Quantcast

This CPU Exploit-Safe Version of 'Doom' Runs at .00003 FPS

One way to defend against Spectre and Meltdown.

Michael Byrne

Michael Byrne

The Spectre and Meltdown CPU exploits, which allow data to leak from highly secure parts of a computer to really wherever, are bad because they have to do with something pretty fundamental in how modern computer processors work. This is a feature called branch prediction, which basically means that a CPU might process data before it's actually needed in situations where a program has to make a decision to do one thing instead of another thing, which is called branching.
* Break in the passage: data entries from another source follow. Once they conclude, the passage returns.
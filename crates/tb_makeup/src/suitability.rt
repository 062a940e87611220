//! What the page makeup serves.

ghost use Rattle.std.specs.Prelude.{◌≡◌};
ghost use Rattle.tb_plain.specs.Suitability.{is_suited, unsuited_among, first_unsuited};

use tb_galley::{Galley, Item, ItemKind};
use tb_node::FOOTNOTES;

/// The line of the first item that the page makeup does not serve, if there is one: a marginal note, a change of columns, a
/// suppressed area, a page number, or an insertion of another class than that of footnotes.
pub fn first_unsuited(galley: &Galley) -> Option<u32>
    ensures { result ≡ first_unsuited galley.now }
{
    unsuited_among(galley.items.as_slice())
}

fn unsuited_among(items: &[Item]) -> Option<u32>
    ensures { result ≡ unsuited_among items.now }
{
    for item in items {
        if !is_suited(&item.kind) {
            return Some(item.line);
        }
    }
    None
}

// Whether an item is served.
fn is_suited(kind: &ItemKind) -> bool
    ensures { result ≡ is_suited kind.now }
{
    match kind {
        ItemKind::Foot { class, leaves: _ } => *class == FOOTNOTES,
        ItemKind::Margin { .. } => false,
        ItemKind::OneColumn => false,
        ItemKind::TwoColumn => false,
        ItemKind::Suppress(_) => false,
        ItemKind::Page(_) => false,
        ItemKind::Set(_) => false,
        ItemKind::Head(_) => false,
        ItemKind::Enlarge { .. } => false,
        _ => true,
    }
}
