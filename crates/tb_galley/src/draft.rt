//! A galley in the making.
ghost use Rattle.std.specs.Prelude.{◌≡◌, OnOk};
ghost use Rattle.tb_galley.specs.Grammar.{with_content, with_foot, with_item, with_set, item_kind};

use crate::contents::Content;
use crate::{Classes, Item, ItemKind, Items, Leaf, LeafKind, Leaves};
use std::alloc::{AllocError, Global};
use tb_node::Name;
use tb_param::{Change, Field, Params, Value};
use tb_scaled::Glue;

/// A foot that is open: its line, its class and its leaves so far.
#[derive(Drop)]
pub struct OpenFoot {
    /// The number of the line of its `foot`.
    pub line: u32,
    /// The class of its insertion.
    pub class: u8,
    /// What is in it so far.
    pub leaves: Leaves,
}

/// What the content lines so far give.
#[derive(Drop)]
pub struct Draft {
    /// The parameters, as they were set so far.
    pub params: Params,
    /// The version, 1, 2 or 3.
    pub version: u8,
    /// The classes of insertions that were declared.
    pub classes: Classes,
    /// The items that are whole.
    pub items: Items,
    /// The footnote that is open, if one is.
    pub foot: Option<OpenFoot>,
    /// The number of the line of `end`; 0 before it.
    pub end_line: u32,
}

impl Draft {
    /// Adds an item.
    #[inline(always)]
    pub fn add_item(&mut self, line: u32, kind: ItemKind) -> Result<(), AllocError>
        ensures { OnOk result (self.new ≡ with_item self.old line kind) }
    {
        self.items.push(Item { line, kind })
    }

    /// Adds a box.
    #[inline(always)]
    pub fn add_box(
        &mut self,
        line: u32,
        name: Name,
        height: i64,
        depth: i64,
    ) -> Result<(), AllocError>
        ensures { OnOk result (self.new ≡ with_content self.old line (Content.Plain (LeafKind.Hbox name height depth))) }
    {
        match &mut self.foot {
            Some(foot) => foot.leaves.push(Leaf {
                line,
                kind: LeafKind::Hbox {
                    name,
                    height,
                    depth,
                },
            }),
            None => self.items.push(Item {
                line,
                kind: ItemKind::Hbox {
                    name,
                    height,
                    depth,
                },
            }),
        }
    }

    /// Adds glue.
    #[inline(always)]
    pub fn add_glue(&mut self, line: u32, glue: Glue) -> Result<(), AllocError>
        ensures { OnOk result (self.new ≡ with_content self.old line (Content.Plain (LeafKind.Skip glue))) }
    {
        match &mut self.foot {
            Some(foot) => foot.leaves.push(Leaf {
                line,
                kind: LeafKind::Skip(glue),
            }),
            None => self.items.push(Item {
                line,
                kind: ItemKind::Skip(glue),
            }),
        }
    }

    /// Adds what may be in a footnote: to the one that is open, if one is.
    #[inline(always)]
    pub fn add_leaf(&mut self, line: u32, kind: LeafKind) -> Result<(), AllocError>
        ensures { OnOk result (self.new ≡ with_content self.old line (Content.Plain kind)) }
    {
        match &mut self.foot {
            Some(foot) => foot.leaves.push(Leaf { line, kind }),
            None => self.items.push(Item {
                line,
                kind: item_kind(kind),
            }),
        }
    }

    /// Begins a foot.
    #[inline(always)]
    pub fn begin_foot(&mut self, alloc: Global, line: u32, class: u8)
        ensures { self.new ≡ with_content self.old line (Content.Foot class) }
    {
        self.foot = Some(OpenFoot {
            line,
            class,
            leaves: Leaves::new(alloc),
        });
    }

    /// Ends the foot that is open, if there is one.
    #[inline(always)]
    pub fn end_foot(&mut self) -> Result<(), AllocError>
        ensures { OnOk result (self.new ≡ with_foot self.old self.old.foot) }
    {
        match self.foot.take() {
            Some(
                OpenFoot {
                    line,
                    class,
                    leaves,
                },
            ) => self.add_item(line, ItemKind::Foot { class, leaves }),
            None => Ok(()),
        }
    }

    /// Sets a parameter: for the whole galley before its items, else as an item.
    #[inline(always)]
    pub fn set(&mut self, line: u32, field: Field, value: Value) -> Result<(), AllocError>
        ensures { OnOk result (self.new ≡ with_set self.old line field value self.old.items) }
    {
        if self.items.is_empty() {
            self.params.put(field, value);
            return Ok(());
        }
        self.add_item(line, ItemKind::Set(Change { field, value }))
    }

    /// Adds what a line says.
    pub fn add(&mut self, alloc: Global, line: u32, content: Content) -> Result<(), AllocError>
        ensures { OnOk result (self.new ≡ with_content self.old line content) }
    {
        match content {
            Content::Header { version } => {
                self.version = version;
                Ok(())
            }
            Content::Set { field, value } => self.set(line, field, value),
            Content::Class(class) => self.classes.declare(class),
            Content::Plain(kind) => self.add_leaf(line, kind),
            Content::Item(kind) => self.add_item(line, kind),
            Content::Foot { class } => {
                self.begin_foot(alloc, line, class);
                Ok(())
            }
            Content::Endfoot => self.end_foot(),
            Content::End => {
                self.end_line = line;
                Ok(())
            }
        }
    }
}

// It is inlined, so that of a kern only the width is copied.
#[inline(always)]
fn item_kind(leaf: LeafKind) -> ItemKind
    ensures { result ≡ item_kind leaf }
{
    match leaf {
        LeafKind::Hbox {
            name,
            height,
            depth,
        } => ItemKind::Hbox {
            name,
            height,
            depth,
        },
        LeafKind::Rule {
            name,
            height,
            depth,
        } => ItemKind::Rule {
            name,
            height,
            depth,
        },
        LeafKind::Skip(glue) => ItemKind::Skip(glue),
        LeafKind::Kern(width) => ItemKind::Kern(width),
        LeafKind::Penalty(penalty) => ItemKind::Penalty(penalty),
    }
}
Here's a whole thing on how that works in terms of Spectre and Meltdown. For now, just understanding that branching is pretty important to how computer programs work but it can also lead to optimizations that are insecure. One extreme solution might be removing branching from computer programs altogether. Make software entirely, 100 percent deterministic.

That's what Github user xoreaxeaxeax did to Doom. Their version of the game is branchless and relies on just a single machine instruction. There's no branching, or even arithmetic: The only processor command it contains is "mov", which scoots data from memory address to memory address. It's actually a demonstration of xoreaxeaxeax's more general C compiler, the M/o/Vfuscator2, which converts commands in the C programming language into machine-level instructions. Or, in this case, instruction, singular.

The downside of this is that the resulting machine instructions are spectacularly inefficient. Single-instruction, branchless Doom renders a single frame every seven hours on a 386 Intel processor. Security ain't free.